Institutional user account names

🟢 Active

While rarely used in public communications as an identifier, institutional user account names play an important role in the identification of an individual, especially in the case of federated identity providers used by many research infrastructures and services.

In some cases they may be used when cross-referencing researcher contributions, such as acting as a fallback identifier for authors in the Swedish national publication index SwePub maintained by the National Library of Sweden.

SWAMID, eduPerson and eduPersonPrincipalName (ePPN)

🟢 Active

While not being commonly used in public communication, identities registered with federated identity providers is widely used for authorization and disambiguation of researchers and contributors.

In Sweden, most research performing organisations have their users registered with SWAMID, the Swedish Academic Identity Federation. SWAMID acts as an identity provider using several common protocols, allowing cross-organisational identity checking. SWAMID is also connected to the international identity federation eduGAIN. SWAMID registers metadata on the individual corresponding to the LDAP-compatible eduPerson schema maintained by the REFEDS group.

In the eduPerson schema, the eduPersonPrincipalName (ePPN) value is used to provide a unique, human-readable identifier for the individual. the ePPN is created using the pattern localaccount@organisation.se. This means that the user anettez at Stockholm University, su.se, will receive the ePPN anettez@su.se. While looking similar, the ePPN is not an e-mail adress. However, some organisations may still opt to make it resolve to a mailbox.

Proprietary identifiers

Scopus Author ID

🟢 Active

A Scopus Author ID will be generated for new individuals listed as authors and contributors in entries indexed in Elsevier's proprietary bibliographic database, Scopus.

The Scopus Author ID may be created upon creating a user account, or is generated algorithmically based on name, email, affiliation, subject area, citations and co-authors once a publication has been indexed. It is typically a 11-digit number.

For example, the neuroscientist Arvid Carlsson (1923-2018) has the Scopus Author ID: 35509103000. This will resolve to a Scopus Author Profile with related publications, in this case: https://www.scopus.com/authid/detail.uri?authorId=35509103000

Algorithmically generated Scopus Author IDs may be claimed by the author after proving their identity. Since the Scopus Author ID may be generated automatically, disambiguation sometimes fails and multiple IDs may be generated for the same individual, based on f.e. name variations. In this case, individuals with Scopus accounts may request a merge of profiles using the "Request to merge authors" button.

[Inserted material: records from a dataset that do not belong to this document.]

//! The effect of a change of the switching log.
ghost use Rattle.std.specs.Prelude.{◌≡◌, ◌+◌, ◌<◌, ◌≤◌, IfOk, IfErr, IsSome, IsTrue, OnOk, length};
ghost use Rattle.ob_base.specs.Stop.{out_of_memory};
ghost use Rattle.ob_sweep.specs.Changed.{changed, of_sheet, Applies};
ghost use Rattle.ob_sweep.specs.Deltas.{new_runs, IsDelta};
ghost use Rattle.ob_time.specs.Calendar.{day_count};
ghost use Rattle.ob_state.specs.Amounts.{amount, moves};
ghost use Rattle.ob_state.specs.Retimings.{runs_in};
ghost use Rattle.ob_state.specs.States.{AreRunsOf, IsBookState, IsSoundState};
ghost use Rattle.ob_state.specs.Effects.{amount_of_node, with_entries, BalancesFirst, IsEffect};
ghost use Rattle.ob_post.specs.Balances.{Balances, Posts};
ghost use Rattle.ob_post.specs.Causes.{KeepsCause};

use crate::effect::Effect;
use crate::retiming::Retiming;
use crate::state::State;
use ob_base::Stop;
use ob_post::laws::{cause_laws, section_laws, total_laws};
use ob_post::{Basis, Moved, Posting};
use ob_sweep::{Change, Delta, Timeline};
use std::alloc::Global;

/// Computes the effect of a change of the switching log. Fails only if an allocation fails.
pub fn effect_on_sheet<T: Timeline>(
    alloc: Global,
    state: &mut State,
    timeline: &T,
    change: &Change,
) -> Result<Effect, Stop>
    requires runs { AreRunsOf state.old.state (T.content timeline.now) }
    requires of_sheet { IsSome (of_sheet change.now) }
    requires applies { Applies change.now state.old.state.entries }
    requires changed { IsBookState (with_entries state.old.state
        (changed change.now state.old.state.entries)) }
    ensures effect { IfOk result (IsEffect state.old.state (with_entries state.old.state
        (changed change.now state.old.state.entries))) }
    ensures err { IfErr result (λ stop. stop ≡ out_of_memory) }
    ensures state { state.new.state ≡ state.old.state }
    ensures searches { state.new.searches ≤ state.old.searches + T.bound state.old.state.network
        state.old.state.entries state.old.state.period change.now }
{
    let delta = timeline.plan(&mut state.net, &state.sheet, &state.period, change)?;
    let moves = moves_by_change(alloc, state, timeline, &delta, change)?;
    Ok(Effect {
        moves,
        retiming: Retiming::By(delta),
    })
}

// The changes of amounts under a change of the switching log that changes the outage intervals by
// `delta`.
fn moves_by_change<T: Timeline>(
    alloc: Global,
    state: &State,
    timeline: &T,
    delta: &Delta,
    change: &Change,
) -> Result<Vec<Moved>, Stop>
    requires runs { AreRunsOf state.now.state (T.content timeline.now) }
    requires applies { Applies change.now state.now.state.entries }
    requires changed { IsBookState (with_entries state.now.state
        (changed change.now state.now.state.entries)) }
    requires delta { IsDelta state.now.state.network delta.now (T.content timeline.now)
        (runs_in (with_entries state.now.state (changed change.now state.now.state.entries))) }
    ensures moves { IfOk result (λ moved. moved.items
        ≡ moves state.now.state (with_entries state.now.state
        (changed change.now state.now.state.entries))) }
    ensures err { IfErr result (λ stop. stop ≡ out_of_memory) }
{
    total_laws();
    let _ = state.accepted();
    let posting = if gives_another_cause(change) {
        posted_everywhere(alloc, state, timeline, delta, change)?
    } else {
        posted_where_touched(alloc, state, timeline, delta, change)?
    };
    posting.moves(&state.period)
}

// Whether a correction gives its entry another cause.
fn gives_another_cause(change: &Change) -> bool
    ensures { ¬ IsTrue result → KeepsCause change.now }
{
    match change {
        Change::Corrected { old, new } => new.cause != old.cause,
        _ => false,
    }
}

// The changes of amounts if no entry gets another cause: those of the sections that the change
// touches.
fn posted_where_touched<T: Timeline>(
    alloc: Global,
    state: &State,
    timeline: &T,
    delta: &Delta,
    change: &Change,
) -> Result<Posting, Stop>
    requires runs { AreRunsOf state.now.state (T.content timeline.now) }
    requires applies { Applies change.now state.now.state.entries }
    requires changed { IsBookState (with_entries state.now.state
        (changed change.now state.now.state.entries)) }
    requires delta { IsDelta state.now.state.network delta.now (T.content timeline.now)
        (runs_in (with_entries state.now.state (changed change.now state.now.state.entries))) }
    requires cause { KeepsCause change.now }
    ensures posted { IfOk result (λ posting. Balances (day_count state.now.state.period) posting
        (amount state.now.state) (amount (with_entries state.now.state
        (changed change.now state.now.state.entries)))) }
    ensures err { IfErr result (λ stop. stop ≡ out_of_memory) }
{
    section_laws();
    cause_laws();
    let _ = state.accepted();
    let mut posting = Posting::new(alloc);
    let touched = delta.touched();
    for node in touched {
        post_touched(&mut posting, state, timeline, delta, change, *node)?;
    }
    Ok(posting)
}

// The changes of amounts if an entry gets another cause: the outage intervals that change, and in
// every section the interval whose cause changes.
fn posted_everywhere<T: Timeline>(
    alloc: Global,
    state: &State,
    timeline: &T,
    delta: &Delta,
    change: &Change,
) -> Result<Posting, Stop>
    requires runs { AreRunsOf state.now.state (T.content timeline.now) }
    requires applies { Applies change.now state.now.state.entries }
    requires changed { IsBookState (with_entries state.now.state
        (changed change.now state.now.state.entries)) }
    requires delta { IsDelta state.now.state.network delta.now (T.content timeline.now)
        (runs_in (with_entries state.now.state (changed change.now state.now.state.entries))) }
    ensures posted { IfOk result (λ posting. Balances (day_count state.now.state.period) posting
        (amount state.now.state) (amount (with_entries state.now.state
        (changed change.now state.now.state.entries)))) }
    ensures err { IfErr result (λ stop. stop ≡ out_of_memory) }
{
    section_laws();
    let _ = state.accepted();
    let mut posting = Posting::new(alloc);
    for node in 0..state.net.nodes() {
        post_node(&mut posting, state, timeline, delta, change, node)?;
    }
    Ok(posting)
}

// Adds the changes of amounts of a node, if it is a section: those of the outage intervals that
// change, or else of the interval whose cause changes.
fn post_node<T: Timeline>(
    posting: &mut Posting,
    state: &State,
    timeline: &T,
    delta: &Delta,
    change: &Change,
    node: u16,
) -> Result<(), Stop>
    requires sound { IsSoundState state.now.state }
    requires runs { AreRunsOf state.now.state (T.content timeline.now) }
    requires applies { Applies change.now state.now.state.entries }
    requires changed { IsBookState (with_entries state.now.state
        (changed change.now state.now.state.entries)) }
    requires delta { IsDelta state.now.state.network delta.now (T.content timeline.now)
        (runs_in (with_entries state.now.state (changed change.now state.now.state.entries))) }
    requires node { node < length state.now.state.network.nodes }
    ensures posted { BalancesFirst state.now.state (changed change.now state.now.state.entries) node
        posting.old → OnOk result (BalancesFirst state.now.state
        (changed change.now state.now.state.entries) (node + 1) posting.new) }
    ensures err { IfErr result (λ stop. stop ≡ out_of_memory) }
{
    section_laws();
    if delta.touched().binary_search(&node).is_ok() {
        return post_touched(posting, state, timeline, delta, change, node);
    }
    let Some(feeder) = state.net.feeder_of(node) else {
        return Ok(());
    };
    let old = timeline.runs_of(node);
    let basis = Basis {
        sheet: &state.sheet,
        feeder,
        roll: &state.roll,
        period: &state.period,
    };
    posting.relabel(old, &basis, change)
}

// Adds the changes of amounts of a touched section: those of the outage intervals that change.
fn post_touched<T: Timeline>(
    posting: &mut Posting,
    state: &State,
    timeline: &T,
    delta: &Delta,
    change: &Change,
    node: u16,
) -> Result<(), Stop>
    requires sound { IsSoundState state.now.state }
    requires runs { AreRunsOf state.now.state (T.content timeline.now) }
    requires applies { Applies change.now state.now.state.entries }
    requires changed { IsBookState (with_entries state.now.state
        (changed change.now state.now.state.entries)) }
    requires delta { IsDelta state.now.state.network delta.now (T.content timeline.now)
        (runs_in (with_entries state.now.state (changed change.now state.now.state.entries))) }
    requires node { node < length state.now.state.network.nodes }
    requires touched { IsSome (new_runs delta.now node) }
    ensures posted { Posts (day_count state.now.state.period) posting.old posting.new result
        (amount_of_node state.now.state node) (amount_of_node
        (with_entries state.now.state (changed change.now state.now.state.entries)) node) }
    ensures err { IfErr result (λ stop. stop ≡ out_of_memory) }
{
    section_laws();
    // A bus, not a section: it has no customers, so no amount changes.
    let Some(feeder) = state.net.feeder_of(node) else {
        return Ok(());
    };
    let basis = Basis {
        sheet: &state.sheet,
        feeder,
        roll: &state.roll,
        period: &state.period,
    };
    posting.replace(timeline.runs_of(node), delta.runs(node), &basis, change)
}
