//! What a command changes in the outage intervals of the sections.
ghost use Rattle.std.specs.Prelude.{◌≡◌};
ghost use Rattle.ob_state.specs.Retimings.{FitsTo, LeadsTo};
ghost use Rattle.ob_state.specs.State.{BookState};
ghost use Rattle.ob_state.specs.States.{AreRunsOf};

use ob_sweep::{Delta, Timeline};

/// What a command changes in the outage intervals of the sections.
#[derive(Drop)]
pub enum Retiming {
    /// Nothing.
    Same,
    /// The intervals of the sections that a change of the switching log or of the network touches.
    By(Delta),
}

/// Applies a command's change of the outage intervals to a timeline.
pub fn retime<T: Timeline>(timeline: &mut T, retiming: Retiming)
    requires fits { FitsTo (T.content timeline.old) retiming }
    ensures runs { (b c : BookState) → c.period ≡ b.period → AreRunsOf b (T.content timeline.old)
        → LeadsTo b c retiming → AreRunsOf c (T.content timeline.new) }
{
    match retiming {
        Retiming::Same => {}
        Retiming::By(delta) => timeline.adopt(delta),
    }
}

Web of Science ResearcherID

🟢 Active

A Web of Science ResearcherID will be generated for new individuals listed as authors and contributors in entries indexed in Clarivate's proprietary databases in the Web of Knowledge product family.

The ResearcherID is generated after creating a user account or is generated algorithmically once a publication with the contributor has been indexed.

For example, the neuroscientist Arvid Carlsson (1923-2018) has the Web of Science ResearcherID: MJA-8149-2025 and an associated numeric ID: 69266209. They will both resolve to a Web of Science Author Profile with related publications, in this case: https://www.webofscience.com/wos/author/record/MJA-8149-2025 and https://www.webofscience.com/wos/author/record/69266209

Algorithmically generated ResearcherIDs may be claimed by the author after proving their identity. Since the ResearcherID may be generated automatically, disambiguation sometimes fails and multiple IDs may be generated for the same individual, based on f.e. name variations. In this case, individuals with Web of Science accounts may request a merge of profiles using the "Delete/merge account" function.